** Exercise directions **
Could you copy out every line of the data where the word "with" occurs?

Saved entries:
======
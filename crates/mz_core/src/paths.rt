// The coercions that lead from a type to one above it.

ghost use Rattle.std.specs.Prelude.{◌≡◌, ◌++◌, IfOk};
ghost use Rattle.mz_core.specs.Types.{plain_type};
ghost use Rattle.mz_core.specs.Coercions.{Leads, Below};
ghost use Rattle.mz_core.specs.Paths.{path_links, raising, base_links, index_links, mark_links, links_by, coercions};

use crate::make::make_type;
use crate::order::{becomes_array, same_base, same_index, same_type, set_of};
use crate::types::{Base, Coercion, Ix, TypeInst};
use mz_base::Memory;
use std::alloc::Global;

fn raising(b: Base) -> Coercion
    ensures { result ≡ raising b }
{
    match b {
        Base::Bool => Coercion::BoolToInt,
        Base::Enum(_) => Coercion::EnumToInt,
        Base::SetEnum(_) => Coercion::SetEnumToSetInt,
        Base::SetBottom => Coercion::SetBottomToSet,
        _ => Coercion::BottomToBase,
    }
}

#[tactic(auto, unfolding(crate::specs::Types::plain_type))]
fn add_base(
    alloc: Global,
    path: &mut Vec<(Coercion, TypeInst)>,
    t: &TypeInst,
    b: Base,
) -> Result<(), Memory>
    ensures { IfOk result (λ _. path_links path.new.items ≡ path_links path.old.items ++ base_links (plain_type t.now) b) }
{
    if !same_base(t.base, b) {
        let to = make_type(alloc, t.var, t.opt, b, &t.dims)?;
        path.push((raising(t.base), to))?;
    }
    Ok(())
}

// from the type with t's marks and u's base and indices to u
#[tactic(auto, unfolding(crate::specs::Types::plain_type))]
fn add_marks(
    alloc: Global,
    path: &mut Vec<(Coercion, TypeInst)>,
    t: &TypeInst,
    u: &TypeInst,
) -> Result<(), Memory>
    ensures { IfOk result (λ _. path_links path.new.items ≡ path_links path.old.items ++ mark_links (record (plain_type t.now) { base = u.now.base; dims = u.now.dims.items }) (plain_type u.now)) }
{
    if t.opt != u.opt {
        let to = make_type(alloc, t.var, u.opt, u.base, &u.dims)?;
        path.push((Coercion::ToOpt, to))?;
    }
    if t.var != u.var {
        let to = make_type(alloc, u.var, u.opt, u.base, &u.dims)?;
        path.push((Coercion::ToVar, to))?;
    }
    Ok(())
}

// the index types that are left, and what they become; those that are done stand in `done`
#[tactic(auto, unfolding(crate::specs::Types::plain_type, crate::specs::Paths::index_links))]
fn add_indices(
    alloc: Global,
    path: &mut Vec<(Coercion, TypeInst)>,
    t: &TypeInst,
    base: Base,
    done: &mut Vec<Ix>,
    xs: &[Ix],
    ys: &[Ix],
) -> Result<(), Memory>
    ensures { IfOk result (λ _. path_links path.new.items ≡ path_links path.old.items ++ index_links (record (plain_type t.now) { base = base }) done.old.items xs.now ys.now) }
{
    match xs {
        [] => Ok(()),
        [x, xs @ ..] => match ys {
            [] => Ok(()),
            [y, ys @ ..] => {
                if same_index(*x, *y) {
                    done.push(*x)?;
                } else {
                    done.push(*y)?;
                    let mut to = make_type(alloc, t.var, t.opt, base, &*done)?;
                    to.dims.extend_from_slice(xs)?;
                    path.push((Coercion::IndexToInt, to))?;
                }
                add_indices(alloc, path, t, base, done, xs, ys)
            }
        },
    }
}

#[tactic(auto, unfolding(crate::specs::Types::plain_type))]
fn add_links(
    alloc: Global,
    path: &mut Vec<(Coercion, TypeInst)>,
    t: &TypeInst,
    u: &TypeInst,
    set: Option<Base>,
) -> Result<(), Memory>
    ensures { IfOk result (λ _. path_links path.new.items ≡ path_links path.old.items ++ links_by (plain_type t.now) (plain_type u.now) set) }
{
    match set {
        None => {
            add_base(alloc, path, t, u.base)?;
            let mut done = Vec::new(alloc);
            add_indices(alloc, path, t, u.base, &mut done, &t.dims, &u.dims)?;
        }
        Some(set) => {
            add_base(alloc, path, t, set)?;
            let to = make_type(alloc, t.var, t.opt, u.base, &u.dims)?;
            path.push((Coercion::SetToArray, to))?;
        }
    }
    add_marks(alloc, path, t, u)
}

#[tactic(auto, unfolding(crate::specs::Paths::coercions, crate::specs::Types::plain_type))]
fn links(alloc: Global, t: &TypeInst, u: &TypeInst) -> Result<Vec<(Coercion, TypeInst)>, Memory>
    ensures { IfOk result (λ v. path_links v.items ≡ coercions (plain_type t.now) (plain_type u.now)) }
{
    let mut path = Vec::new(alloc);
    if !same_type(t, u) {
        let set = if becomes_array(t, u) {
            set_of(u.base)
        } else {
            None
        };
        add_links(alloc, &mut path, t, u, set)?;
    }
    Ok(path)
}

/// The coercions that lead from a type to one above it, in order, each with the type that it leads
/// to; none where the two are equal.
///
/// The base is coerced first, a set to the array of its elements with it, then the indices from the
/// left, then option and var.
pub fn coercions(
    alloc: Global,
    t: &TypeInst,
    u: &TypeInst,
) -> Result<Vec<(Coercion, TypeInst)>, Memory>
    requires { Below (plain_type t.now) (plain_type u.now) }
    ensures leads { IfOk result (λ v. Leads (plain_type t.now) (path_links v.items) (plain_type u.now)) }
    ensures computed { IfOk result (λ v. path_links v.items ≡ coercions (plain_type t.now) (plain_type u.now)) }
{
    links(alloc, t, u)
}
======
** Answer to the exercise **
// from the type with t's marks and u's base and indices to u
/// The coercions that lead from a type to one above it, in order, each with the type that it leads
/// The base is coerced first, a set to the array of its elements with it, then the indices from the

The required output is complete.